Baltimore City Mayor Sheila Dixon wants to use these numbers to attract high-end developers to revitalize run down shopping centers, like Northwood Plaza, where former City Councilman Kenneth Harris was killed in September. She says face-lifts for the centers would make them safer and plans to give tax breaks to developers to make them happen.
There are just a few things wrong with her logic.
First, making shopping centers safer would attract new development, not the other way around. If customers are scared to go shopping it will not matter if a new organic grocer arrives.
Second, if city residents are $1.2 billion better off than recognized, why are shopping centers floundering? Shouldn’t they be doing better than the Census figures would indicate?
Third, if revitalizing the shopping centers is the end goal, why not give tax breaks to current owners instead of outside developers?
Those who pour their life savings into businesses and homes in the city are rewarded for their good citizenship with extortionist tax rates that subsidize the city’s gifts to others.
The city does not need more studies nor more tax breaks for a select few — neither of which have lured new residents, created jobs or increased the tax base.
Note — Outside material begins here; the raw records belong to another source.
// Events that no record brings: the timer, propose, and the memory that an opening leaves.
ghost use Rattle.std.specs.Prelude.{◌≡◌, ◌+◌, ◌≤◌, ◌<◌, length};
ghost use Rattle.settings.specs.Quorum.{largest, last_height, replicas};
ghost use Rattle.settings.specs.Opening.{most_leaders};
ghost use Rattle.codec.specs.Bytes.{patch};
ghost use Rattle.codec.specs.Names.{zero_name};
ghost use Rattle.wire.specs.Encode.{block_certificate_bytes};
ghost use Rattle.wire.specs.Fields.{vote_length, timeout_length, proposal_head};
ghost use Rattle.memory.specs.Layout.{memory_length, entry_room, settings_of, block_count_of, entry_of};
ghost use Rattle.protocol.specs.Refusals.{store_length};
ghost use Rattle.protocol.specs.Events.{on_timer, on_propose};
ghost use Rattle.protocol.specs.Calls.{opened_memory};
ghost use Rattle.act.specs.Draft.{Ready};
ghost use Rattle.act.specs.Progress.{HasForm};
ghost use Rattle.event.specs.Event.{Gives, Always, safe_of_entry, own_proposal_bytes, Proposable, head_bytes};

use crate::{Event, block_of, hold_and_vote, no_block};
use act::{Draft, send_timeout};
use certificate::Certificate;
use certificate::safe::safe_certificate;
use codec::num::put_u16;
use counters::adopting;
use memory::leaders::put_leaders;
use memory::window::{drop_ballots, drop_timeouts};
use memory::{
    BALLOT_ROWS, ENTRY_PLACE, TIMEOUT_ROWS, entry_length, own, put_block_count, put_entry, settings,
};
use settings::{Height, Settings, View};
use wire::read::progress;
use wire::write::{put_block_certificate, put_proposal};
use wire::{Child, Vote, length};

// The timer of a view.
pub fn on_timer(mem: &mut [u8], out: &mut [u8], d: Draft, view: View) -> Event
    requires { Ready d mem.old out.old timeout_length }
    ensures { Gives (on_timer view.0) Always d mem.old out.old result mem.new out.new }
{
    no_block(send_timeout(mem, out, d, view))
}

// The safe certificate of the entry certificate.
fn safe_of_entry(mem: &[u8]) -> Certificate
    requires { (memory_length ≤ length mem.now) × ((replicas (settings_of mem.now) ≤ largest) × HasForm (replicas (settings_of mem.now)) (entry_of mem.now)) }
    ensures { result ≡ safe_of_entry mem.now }
{
    let entry = &mem[ENTRY_PLACE..ENTRY_PLACE + entry_length(mem)];
    safe_certificate(entry, progress(entry, 0), settings(mem))
}

// The proposal of a child, with the entry certificate, is written behind what is written; the place after it.
fn put_own_proposal(mem: &[u8], out: &mut [u8], d: Draft, child: Child) -> usize
    requires { (memory_length ≤ length mem.now) × ((length (entry_of mem.now) ≤ entry_room) × (d.at + (proposal_head + entry_room) ≤ length out.old)) }
    ensures { (result ≡ d.at + (proposal_head + length (entry_of mem.now))) × (out.new ≡ patch out.old d.at (own_proposal_bytes mem.now d.counters.view.0 child)) }
{
    let size = entry_length(mem);
    let entry = &mem[ENTRY_PLACE..ENTRY_PLACE + size];
    put_proposal(out, d.at, own(mem), d.counters.view, child, entry);
    d.at + (length::PROPOSAL_HEAD + size)
}

// Propose: a block of that name is built on the safe block, whose height is handed in, sent, and taken as one's own.
pub fn on_propose(mem: &mut [u8], out: &mut [u8], d: Draft, name: [u8; 32], base: Height) -> Event
    requires { Ready d mem.old out.old (proposal_head + entry_room + vote_length) × ((base.0 < last_height) × (block_count_of mem.old < store_length)) }
    ensures { Gives (on_propose name) (Proposable name base.0) d mem.old out.old result mem.new out.new }
{
    let safe = safe_of_entry(mem);
    let parent = safe.name;
    let child = Child {
        name,
        parent,
        height: Height(base.0 + 1),
    };
    let at = put_own_proposal(mem, out, d, child);
    let next = Draft {
        counters: adopting(d.counters, safe),
        at,
    };
    hold_and_vote(mem, out, next, d.counters.view, block_of(child), false)
}

// Settings and own number.
fn put_head(mem: &mut [u8], s: Settings, own: u16)
    requires { memory_length ≤ length mem.old }
    ensures { mem.new ≡ patch mem.old 0 (head_bytes s own) }
{
    put_u16(mem, 0, s.f);
    put_u16(mem, 2, s.c);
    put_u16(mem, 4, s.k);
    put_u16(mem, 6, own);
}

// The genesis certificate's record.
fn genesis_record(own: u16) -> [u8; length::BLOCK_CERTIFICATE]
    ensures { result ≡ block_certificate_bytes own 0 zero_name 0 }
{
    let mut rec = [0u8; length::BLOCK_CERTIFICATE];
    let genesis = Vote {
        view: View(0),
        name: [0u8; 32],
    };
    put_block_certificate(&mut rec, 0, own, genesis, 0);
    rec
}

// What an opening leaves in the memory: the leader list, no held block, the genesis certificate as entry certificate, and empty rows.
pub fn open_memory(mem: &mut [u8], s: Settings, own: u16, leaders: &[u8])
    requires { (memory_length ≤ length mem.old) × (length leaders.now ≤ most_leaders) }
    ensures { mem.new ≡ opened_memory mem.old s own leaders.now }
{
    let entry = genesis_record(own);
    put_head(mem, s, own);
    put_leaders(mem, leaders);
    put_block_count(mem, 0);
    put_entry(mem, &entry);
    drop_ballots(mem, View(0), BALLOT_ROWS);
    drop_timeouts(mem, View(0), TIMEOUT_ROWS);
}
It needs to fundamentally reform its tax structure to make Baltimore a desirable location to work and live. That means slashing in half its property tax rate — more than twice as high as everywhere else in the state — for everyone. The Mayor’s own Blue Ribbon Committee even said the tax rate is a “major barrier to the city’s growth and development.” So far she has chosen to ignore the evidence against it.
We can debate how to cut — by squeezing spending, asking for state assistance during a transition period and other methods. But let’s get started on the discussion. Clinging to failed policies will only turn the slow trickle of residents and jobs out of Baltimore into tax-friendlier counties into a flood.